The first question propounded to Judge Kleinpeter referred to “receipts of the tax collector for No. 17 of the Sallier Subdivision,” and it is difficult to infer that the answers of the witness referred to taxes on other property.

In the first question quoted supra the word “six” is meaningless, and is evidently clerical error. Defendant did not in rebuttal offer in the evidence the tax rolls of 1885 to show that lot 17 had not been assessed to the succession of Sallier, but had been assessed to Mrs. M. L. Sallier. The rolls were of record, and the fact of assessment to the succession of Mrs. Sallier or to both was susceptible of authentic proof. The rolls not having been offered in evidence, and the receipts-having been lost or mislaid, we do not feel justified in this case, based on testimony which is obscure in a material part, owing to clerical error in taking down or in transcription. We think that justice to both parties requires the remanding of this ease as to block 17. We therefore find it unnecessary to consider any questions of law relative to the tax title held by defendant.
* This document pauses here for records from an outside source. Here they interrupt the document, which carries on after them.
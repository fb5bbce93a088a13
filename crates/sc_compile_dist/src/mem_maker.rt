//! A maker in memory.

ghost use Rattle.std.specs.Prelude.{◌≡◌, Some};
ghost use Rattle.sc_compile_dist.specs.Makings.{is_made};
ghost use Rattle.sc_model.specs.Containers.{Makes_next};

use crate::maker::DistMaker;
use crate::script_dist::ScriptDist;
use sc_entry::{NoMemory, Queue};
use sc_model::Making;
use std::alloc::Global;

/// A maker that takes its answers from a list, in turn; behind its end each client is made. It tells its answers.
#[derive(Drop)]
pub struct MemMaker {
    /// Those that are left.
    makings: Queue<Making>,
    faults: u64,
}

/// Whether a client was made.
fn is_made(making: &Making) -> bool
    ensures { result ≡ is_made making.now }
{
    match making {
        Making::Made => true,
        Making::Unreachable => false,
        Making::NoToken(_) => false,
    }
}

impl MemMaker {
    /// A maker that has not been asked.
    pub fn new(makings: Queue<Making>) -> MemMaker
        ensures makings { result.makings ≡ makings }
        ensures faults { result.faults ≡ 0 }
    {
        MemMaker { makings, faults: 0 }
    }

    /// The next answer.
    fn next(&mut self) -> Making
        ensures makes { Makes_next (Some self.old.makings) result (Some self.new.makings) }
        ensures faults { self.new.faults ≡ self.old.faults }
    {
        match self.makings.pop_front() {
            None => Making::Made,
            Some(making) => making,
        }
    }
}

impl DistMaker for MemMaker {
    type Client = ScriptDist;

    ghost makings = { λ m. Some m.makings };

    ghost fault_count = { λ m. m.faults };

    fn faults(&self) -> u64 {
        self.faults
    }

    #[tactic(auto, using(crate::proofs::Unmade::makes_one, crate::proofs::Unmade::makes_none))]
    fn make(
        &mut self,
        _alloc: Global,
        _client: &mut ScriptDist,
        _now: u64,
    ) -> Result<Making, NoMemory> {
        let making = self.next();
        if !is_made(&making) {
            self.faults = self.faults.saturating_add(1);
        }
        Ok(making)
    }
}
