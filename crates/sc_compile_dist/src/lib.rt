//! What compiles on other machines: a distributed client with its maker, where it stands, and one that answers by the lines of a
//! script.
#![tactic(auto)]

mod client;
mod container;
mod dist_line;
mod maker;
mod mem_maker;
mod script_dist;

pub use client::{DistClient, SchedulerStatus};
pub use container::{ClientAnswer, DistClientConfig, DistClientContainer};
pub use dist_line::DistLine;
pub use maker::DistMaker;
pub use mem_maker::MemMaker;
pub use script_dist::ScriptDist;
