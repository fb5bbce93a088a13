//! What a recorded list of uses would have found at other capacities.
ghost use Rattle.std.specs.Prelude.{◌≡◌, ◌+◌, ◌^◌, ◌<◌, ◌≤◌, length, map, is_some, if◌then◌else◌, IfOk, OnOk};
ghost use Rattle.sc_lru.specs.DryRun.{counted, dropped, dry_line, shown, used, HasRoom};

use crate::cache::{DefaultHasher, LruCache};
use crate::meter::Meter;
use std::alloc::{AllocError, Global};
use std::hash::Hash;

/// A use of a cache.
#[derive(Clone, Debug, Drop)]
pub enum Use<K> {
    /// The key was asked for.
    Get(K),
    /// The key got a value of so many bytes.
    Put(K, u64),
}

/// What a list of uses finds at one capacity.
#[derive(Clone, Copy, Debug, PartialEq, Eq)]
pub struct DryLine {
    /// The most bytes that the values may have together.
    pub capacity: u64,
    /// The gets whose key was there.
    pub hits: u64,
    /// The gets whose key wasn't.
    pub misses: u64,
    /// The pairs that puts pushed out. A value that gave way to a newer one of its key is none of them.
    pub evicted: u64,
    /// The puts of more bytes than the capacity, which change nothing.
    pub too_large: u64,
}

// Measures a pair by its value, a number of bytes.
#[derive(Drop)]
struct Bytes;

impl<K> Meter<K, u64> for Bytes {
    ghost measure = { λ _ _ bytes. bytes };

    fn measure(&self, _key: &K, value: &u64) -> u64 {
        *value
    }
}

type Sizes<'a, K> = LruCache<&'a K, u64, DefaultHasher, Bytes>;

// How many pairs an insert added before it evicted any, by the value that it replaced.
fn pairs_added(replaced: Option<u64>) -> usize
    ensures { result ≡ (if is_some replaced then 0 else 1) }
{
    match replaced {
        Some(_) => 0,
        None => 1,
    }
}

// Puts a value of at most the capacity. Answers the number of pairs that it pushed out.
fn put<'a, K: Eq + Hash>(
    sizes: &mut Sizes<'a, K>,
    key: &'a K,
    bytes: u64,
) -> Result<u64, AllocError>
    requires fits { bytes ≤ sizes.old.capacity }
    requires room { length sizes.old.entries + 1 < 2 ^ 64 }
    ensures entries { OnOk result (shown sizes.new.entries ≡ used K.eq sizes.old.capacity (shown sizes.old.entries) (Use.Put key.now bytes)) }
    ensures evicted { IfOk result (λ n. n ≡ dropped K.eq sizes.old.capacity (shown sizes.old.entries) (Use.Put key.now bytes)) }
    ensures capacity { sizes.new.capacity ≡ sizes.old.capacity }
{
    let before = sizes.len();
    let replaced = sizes.insert(key, bytes)?;
    let after = sizes.len();
    Ok((before + pairs_added(replaced) - after) as u64)
}

// Makes one use, and counts it.
fn count<'a, K: Eq + Hash>(
    sizes: &mut Sizes<'a, K>,
    line: &mut DryLine,
    one: &'a Use<K>,
) -> Result<(), AllocError>
    requires { HasRoom line.old (length sizes.old.entries) }
    ensures entries { OnOk result (shown sizes.new.entries ≡ used K.eq sizes.old.capacity (shown sizes.old.entries) one.now) }
    ensures line { OnOk result (line.new ≡ counted K.eq sizes.old.capacity (shown sizes.old.entries) line.old one.now) }
    ensures capacity { sizes.new.capacity ≡ sizes.old.capacity }
{
    match one {
        Use::Get(key) => {
            if sizes.get(&key).is_some() {
                line.hits += 1;
            } else {
                line.misses += 1;
            }
            Ok(())
        }
        Use::Put(key, bytes) => {
            if *bytes > sizes.capacity() {
                line.too_large += 1;
                return Ok(());
            }
            line.evicted += put(sizes, key, *bytes)?;
            Ok(())
        }
    }
}

fn line_at<K: Eq + Hash>(
    alloc: Global,
    uses: &[Use<K>],
    capacity: u64,
) -> Result<DryLine, AllocError>
    ensures { IfOk result (λ line. line ≡ dry_line K.eq uses.now capacity) }
{
    let mut sizes = LruCache::with_meter(alloc, capacity, Bytes);
    let mut line = DryLine {
        capacity,
        hits: 0,
        misses: 0,
        evicted: 0,
        too_large: 0,
    };
    for one in uses {
        count(&mut sizes, &mut line, one)?;
    }
    Ok(line)
}

/// What the uses, from an empty cache on, find at each capacity by itself.
///
/// The keys are borrowed. One call takes as many steps as there are uses for each capacity.
pub fn dry_run<K: Eq + Hash>(
    alloc: Global,
    uses: &[Use<K>],
    capacities: &[u64],
) -> Result<Vec<DryLine>, AllocError>
    ensures { IfOk result (λ lines. lines.items ≡ map (dry_line K.eq uses.now) capacities.now) }
{
    let mut lines = Vec::new(alloc);
    for capacity in capacities {
        lines.push(line_at(alloc, uses, *capacity)?)?;
    }
    Ok(lines)
}
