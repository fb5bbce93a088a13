//! Inserts in order.
use crate::cache::LruCache;
use crate::meter::Meter;
use std::alloc::AllocError;
use std::hash::{BuildHasher, Hash};

impl<K: Eq + Hash + Drop, V: Drop, S: BuildHasher, M: Meter<K, V>> Extend<(K, V)>
    for LruCache<K, V, S, M> {
    ghost use Rattle.sc_lru.specs.LruCache.{Extends};

    ghost extend_gives = { Extends M.measure K.eq };

    // For want of memory the pairs before the one that found none are there, and it and those behind it are gone.
    fn extend<I: IntoIterator<Item = (K, V)>>(&mut self, iter: I) -> Result<(), AllocError> {
        let mut rest = iter.into_iter();
        while let Some(pair) = rest.next() {
            let (key, value) = pair;
            self.insert(key, value)?;
        }
        Ok(())
    }
}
As to the monition order or decree of the United States Circuit Court in the receivership of the Kansas City, Watkins & Gulf Railway Company, calling oh all persons having claims against the receiver to present the same within 60 days, we do not think that such monition barred third persons from asserting title to the property. Texas & P. Ry. Co. v. Johnson, 151 U. S. 104, 14 Sup. Ct. 250, 38 L. Ed. 81. Nor do we see how estoppel can apply to an insane person.

It is therefore ordered, adjudged, and decreed that the judgment appealed from be-annulled, avoided, and reversed, and it is now ordered and decreed that plaintiffs are the lawful owners of the strip of ground 50 feet in width extending through block or lot 18 of the Sallier Subdivision of the town of Lake Charles, La., occupied and used by defendant as a right of way for railroad purposes, reserving to plaintiffs, the right to recover the value thereof and damages as in case of expropriation, if defendant shall elect to keep the property; and it is further ordered that the case be remanded for further proceeding and adjudication as to block or lot 17; defendant to pay costs of appeal and all costs of lower court up to this date, and also cost of executing judgment herein rendered ; all other costs to await the final judgment on the issues to be hereafter determined.